Despite Billy’s optimism, that he might shortly be home, he was killed on their next mission. What I didn’t know when I wrote the article last year was that his friend Michael had written a letter detailing how they had been ordered to take a road that was important to the Germans, how they had both crossed it safely, but on being ordered to throw a bomb into a dugout, Billy stood up and was shot. Billy said he thought he was “badly hit” and Michael did what he could for him, getting him onto a stretcher and off to a field hospital still “cheery” where he died four days later.

 

His last black bordered letter arrived to his mother along with letters from those who had buried him. I still cry every time I read the letter to my Grandmother:

 

My dearest, every dearest Mum,

If this ever reaches you, I shall have made the great sacrifice just like many another mother’s son. I shall have made it cheerfully and thank God bravely like a good soldier. But I shall not have made it unthinkingly.
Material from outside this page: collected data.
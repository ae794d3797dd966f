//! Expressions. What parses the parts of an expression is a parameter, so that each rule is proved
//! by itself.

ghost use Rattle.std.specs.Prelude.{◌≡◌, ◌<◌, ◌-◌, ◌^◌, map, true, suc, option_map};
ghost use Rattle.pz_syntax.specs.ExpressionView.{view, list_view, part_view};
ghost use Rattle.pz_parser_cursor.specs.devices.Device.{Reads, optional};
ghost use Rattle.pz_parser_cursor.specs.devices.Input.{sees};
ghost use Rattle.pz_parser_cursor.specs.devices.Lists as lists;
ghost use Rattle.pz_parser_cursor.specs.declared.ahead.Next.TheVariants as n;
ghost use Rattle.pz_parser_expressions.specs.declared.rule.Rule.TheVariants as rule;
ghost use Rattle.pz_parser_expressions.specs.devices.Rules.{rank};
ghost use Rattle.pz_parser_expressions.specs.devices.Values as spec;
ghost use Rattle.pz_parser_expressions.specs.devices.Values.{below};
ghost use Rattle.pz_parser_expressions.specs.devices.Nests.{Nests};

use crate::Rule;
use pz_parser_cursor::{Cursor, Next, Refusal};
use pz_syntax::pz_items::{Boxed, Items};
use pz_syntax::{Expr, ExprForm};
use std::alloc::Global;

/// The rule that is read, and the parser of parts.
#[derive(Clone, Copy)]
pub struct Grammar<F> {
    pub alloc: Global,
    /// How many constructs may still nest.
    pub depth: usize,
    pub rule: Rule,
    pub expr: F,
}

/// What this rule reads, with at most `depth` constructs one in another.
pub fn expr(
    alloc: Global,
    cursor: &mut Cursor<'_>,
    depth: usize,
    rule: Rule,
) -> Result<Expr, Refusal>
    ensures reads { Reads view (spec.expr depth rule cursor.old) result cursor.new }
{
    let grammar = Grammar {
        alloc,
        depth,
        rule,
        expr,
    };
    grammar.whole(cursor)
}

/// A value, with at most `depth` constructs one in another.
pub fn value(alloc: Global, cursor: &mut Cursor<'_>, depth: usize) -> Result<Expr, Refusal>
    ensures reads { Reads view (spec.expr depth rule.Value cursor.old) result cursor.new }
{
    expr(alloc, cursor, depth, Rule::Value)
}

/// One expression or more with this separator, with at most `depth` constructs one in another.
pub fn exprs(
    alloc: Global,
    cursor: &mut Cursor<'_>,
    depth: usize,
    separator: Next,
) -> Result<Items<Expr>, Refusal>
    requires room { depth < 2 ^ 64 - 1 }
    ensures reads { Reads (map view) (lists.list_of
        (spec.expr depth rule.Expression) separator cursor.old) result cursor.new }
{
    let grammar = Grammar {
        alloc,
        depth: depth + 1,
        rule: Rule::Operand,
        expr,
    };
    grammar.exprs(cursor, separator)
}

/// Arguments in round brackets, none or more. A `(` stands next. The brackets count for `depth`.
pub fn arguments(
    alloc: Global,
    cursor: &mut Cursor<'_>,
    depth: usize,
) -> Result<Items<Expr>, Refusal>
    ensures reads { Reads (map view) (spec.enclosed depth
        (below depth) n.Comma n.RightParen cursor.old) result cursor.new }
{
    let grammar = Grammar {
        alloc,
        depth,
        rule: Rule::Operand,
        expr,
    };
    grammar.enclosed(cursor, Next::Comma, Next::RightParen)
}

/// Arguments, if a `(` stands next. The brackets count for `depth`.
pub fn optional_arguments(
    alloc: Global,
    cursor: &mut Cursor<'_>,
    depth: usize,
) -> Result<Option<Boxed<Items<Expr>>>, Refusal>
    ensures reads { Reads part_view (spec.arguments depth (below depth) cursor.old) result
        cursor.new }
{
    let grammar = Grammar {
        alloc,
        depth,
        rule: Rule::Operand,
        expr,
    };
    Ok(Boxed::of_option(alloc, grammar.arguments(cursor)?)?)
}

/// The expressions of a block, none or more. A `{` stands next. The block counts for `depth`.
pub fn block(alloc: Global, cursor: &mut Cursor<'_>, depth: usize) -> Result<Items<Expr>, Refusal>
    ensures reads { Reads (map view) (spec.enclosed depth
        (below depth) n.Semicolon n.RightBrace cursor.old) result cursor.new }
{
    let grammar = Grammar {
        alloc,
        depth,
        rule: Rule::Operand,
        expr,
    };
    grammar.enclosed(cursor, Next::Semicolon, Next::RightBrace)
}

impl<F: Fn(Global, &mut Cursor<'_>, usize, Rule) -> Result<Expr, Refusal>> Grammar<F> {
    /// What the rule reads.
    pub fn whole(&self, cursor: &mut Cursor<'_>) -> Result<Expr, Refusal>
        requires parts { Nests self.now.depth self.now.rule (F.pre self.now.expr)
            (F.post self.now.expr) }
        ensures reads { Reads view (spec.by_rule self.now.depth
            (below self.now.depth) self.now.rule cursor.old) result cursor.new }
    {
        match self.rule {
            Rule::Expression => self.expression(cursor),
            Rule::Value => self.chain(cursor, Rule::Conjunction),
            Rule::Conjunction => self.chain(cursor, Rule::Comparison),
            Rule::Comparison => self.chain(cursor, Rule::Sum),
            Rule::Sum => self.chain(cursor, Rule::Product),
            Rule::Product => self.chain(cursor, Rule::Operand),
            Rule::Operand => self.operand(cursor),
        }
    }

    /// What a later rule reads, as deep as this one.
    pub fn tighter(&self, cursor: &mut Cursor<'_>, rule: Rule) -> Result<Expr, Refusal>
        requires parts { Nests self.now.depth self.now.rule (F.pre self.now.expr)
            (F.post self.now.expr) }
        requires later { rank self.now.rule < rank rule }
        ensures reads { Reads view (spec.expr self.now.depth rule cursor.old) result cursor.new }
    {
        (self.expr)(self.alloc, cursor, self.depth, rule)
    }

    /// What any rule reads, one construct further in.
    pub fn inner(&self, cursor: &mut Cursor<'_>, rule: Rule) -> Result<Expr, Refusal>
        requires parts { Nests self.now.depth self.now.rule (F.pre self.now.expr)
            (F.post self.now.expr) }
        ensures reads { Reads view (below self.now.depth rule cursor.old) result cursor.new }
    {
        if self.depth == 0 {
            return Err(cursor.refuse());
        }
        (self.expr)(self.alloc, cursor, self.depth - 1, rule)
    }

    /// One expression or more, one construct further in.
    #[tactic(auto, unfolding(pz_parser_cursor::specs::devices::Lists::list_of))]
    pub fn exprs(&self, cursor: &mut Cursor<'_>, separator: Next) -> Result<Items<Expr>, Refusal>
        requires parts { Nests self.now.depth self.now.rule (F.pre self.now.expr)
            (F.post self.now.expr) }
        ensures reads { Reads (map view) (lists.list_of
            (below self.now.depth rule.Expression) separator cursor.old) result cursor.new }
    {
        let mut found = Items::new(self.alloc);
        found.push(self.inner(cursor, Rule::Expression)?)?;
        self.more(cursor, separator, found)
    }

    #[tactic(auto, unfolding(pz_parser_cursor::specs::devices::Lists::more_of, pz_parser_cursor::specs::devices::Lists::tail_of))]
    fn more(
        &self,
        cursor: &mut Cursor<'_>,
        separator: Next,
        mut found: Items<Expr>,
    ) -> Result<Items<Expr>, Refusal>
        requires parts { Nests self.now.depth self.now.rule (F.pre self.now.expr)
            (F.post self.now.expr) }
        ensures reads { Reads (map view) (lists.more_of
            (below self.now.depth rule.Expression) separator (map view found) cursor.old) result
            cursor.new }
    {
        for _turn in 0..cursor.left() {
            if !cursor.eat(separator) {
                return Ok(found);
            }
            found.push(self.inner(cursor, Rule::Expression)?)?;
        }
        Ok(found)
    }

    /// None or more expressions before this closing token, which is taken too, and so is the opening
    /// one that stands next.
    #[tactic(auto, unfolding(crate::specs::devices::Values::enclosed))]
    pub fn enclosed(
        &self,
        cursor: &mut Cursor<'_>,
        separator: Next,
        close: Next,
    ) -> Result<Items<Expr>, Refusal>
        requires parts { Nests self.now.depth self.now.rule (F.pre self.now.expr)
            (F.post self.now.expr) }
        ensures reads { Reads (map view) (spec.enclosed self.now.depth
            (below self.now.depth) separator close cursor.old) result cursor.new }
    {
        cursor.deepen(self.depth)?;
        let found = self.exprs_before(cursor, separator, close)?;
        cursor.expect(close)?;
        Ok(found)
    }

    #[tactic(auto, unfolding(crate::specs::devices::Values::exprs_before))]
    fn exprs_before(
        &self,
        cursor: &mut Cursor<'_>,
        separator: Next,
        close: Next,
    ) -> Result<Items<Expr>, Refusal>
        requires parts { Nests self.now.depth self.now.rule (F.pre self.now.expr)
            (F.post self.now.expr) }
        ensures reads { Reads (map view) (spec.exprs_before
            (below self.now.depth) separator close cursor.old) result cursor.new }
    {
        if cursor.sees(close) {
            Ok(Items::new(self.alloc))
        } else {
            self.exprs(cursor, separator)
        }
    }

    #[tactic(auto, unfolding(crate::specs::devices::Values::expression))]
    fn expression(&self, cursor: &mut Cursor<'_>) -> Result<Expr, Refusal>
        requires parts { Nests self.now.depth self.now.rule (F.pre self.now.expr)
            (F.post self.now.expr) }
        requires first { rank self.now.rule < 1 }
        ensures reads { Reads view (spec.expression
            (spec.expr self.now.depth rule.Value) cursor.old) result cursor.new }
    {
        match cursor.peek() {
            Next::Return => self.returned(cursor),
            Next::Word => self.named(cursor),
            _ => self.tighter(cursor, Rule::Value),
        }
    }

    #[tactic(auto, unfolding(crate::specs::devices::Values::named))]
    fn named(&self, cursor: &mut Cursor<'_>) -> Result<Expr, Refusal>
        requires parts { Nests self.now.depth self.now.rule (F.pre self.now.expr)
            (F.post self.now.expr) }
        requires first { rank self.now.rule < 1 }
        ensures reads { Reads view (spec.named (spec.expr self.now.depth rule.Value) cursor.old)
            result cursor.new }
    {
        if cursor.sees_second(Next::Assign) {
            self.assignment(cursor)
        } else {
            self.tighter(cursor, Rule::Value)
        }
    }

    #[tactic(auto, unfolding(crate::specs::devices::Values::assignment))]
    fn assignment(&self, cursor: &mut Cursor<'_>) -> Result<Expr, Refusal>
        requires parts { Nests self.now.depth self.now.rule (F.pre self.now.expr)
            (F.post self.now.expr) }
        requires first { rank self.now.rule < 1 }
        ensures reads { Reads view (spec.assignment
            (spec.expr self.now.depth rule.Value) cursor.old) result cursor.new }
    {
        let pos = cursor.pos();
        let name = Boxed::new(self.alloc, cursor.take_id(self.alloc)?)?;
        cursor.skip();
        let value = Boxed::new(self.alloc, self.tighter(cursor, Rule::Value)?)?;
        let form = ExprForm::Assign(name, value);
        Ok(Expr { pos, form })
    }

    #[tactic(auto, unfolding(crate::specs::devices::Values::returned))]
    fn returned(&self, cursor: &mut Cursor<'_>) -> Result<Expr, Refusal>
        requires parts { Nests self.now.depth self.now.rule (F.pre self.now.expr)
            (F.post self.now.expr) }
        requires first { rank self.now.rule < 1 }
        ensures reads { Reads view (spec.returned (spec.expr self.now.depth rule.Value) cursor.old)
            result cursor.new }
    {
        let pos = cursor.pos();
        cursor.skip();
        let value = Boxed::new(self.alloc, self.tighter(cursor, Rule::Value)?)?;
        let form = ExprForm::Return(value);
        Ok(Expr { pos, form })
    }
}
I shall have remembered you all while memory is possible with me and I shall have died with Mum on my lips. The Blessed Virgin has watched over me out here. She has been with me night and day thro’ all the hardships, all the horrors, all the long ghastly struggles against the seeming impossible physical and mental tasks.

How foolish we are to think too much of this old world! When I wrote this I was young and rosy cheeked and strong. Laughing, joking and singing, in spite of all. But we all know that tomorrow we might face our God. We shall all meet and be happier than we ever dreamt of where trenches and shells are not.

This is the bravest thing I have done, darling, to say goodbye to you beforehand. But it is worth it to know you will be cheered and inspired.

“Little One and her soldier boy. God Bless them. Dear brave Miggles. She has done her part in the war. Harder than many a soldier’s and I can’t tell her how I admire her and love her.

Lawdie Ancy – a fine chap he’ll be.

A Dieu. We shall meet again.

So now cheery oh! Once again my sweetheart Mum – my only sweetheart be happy.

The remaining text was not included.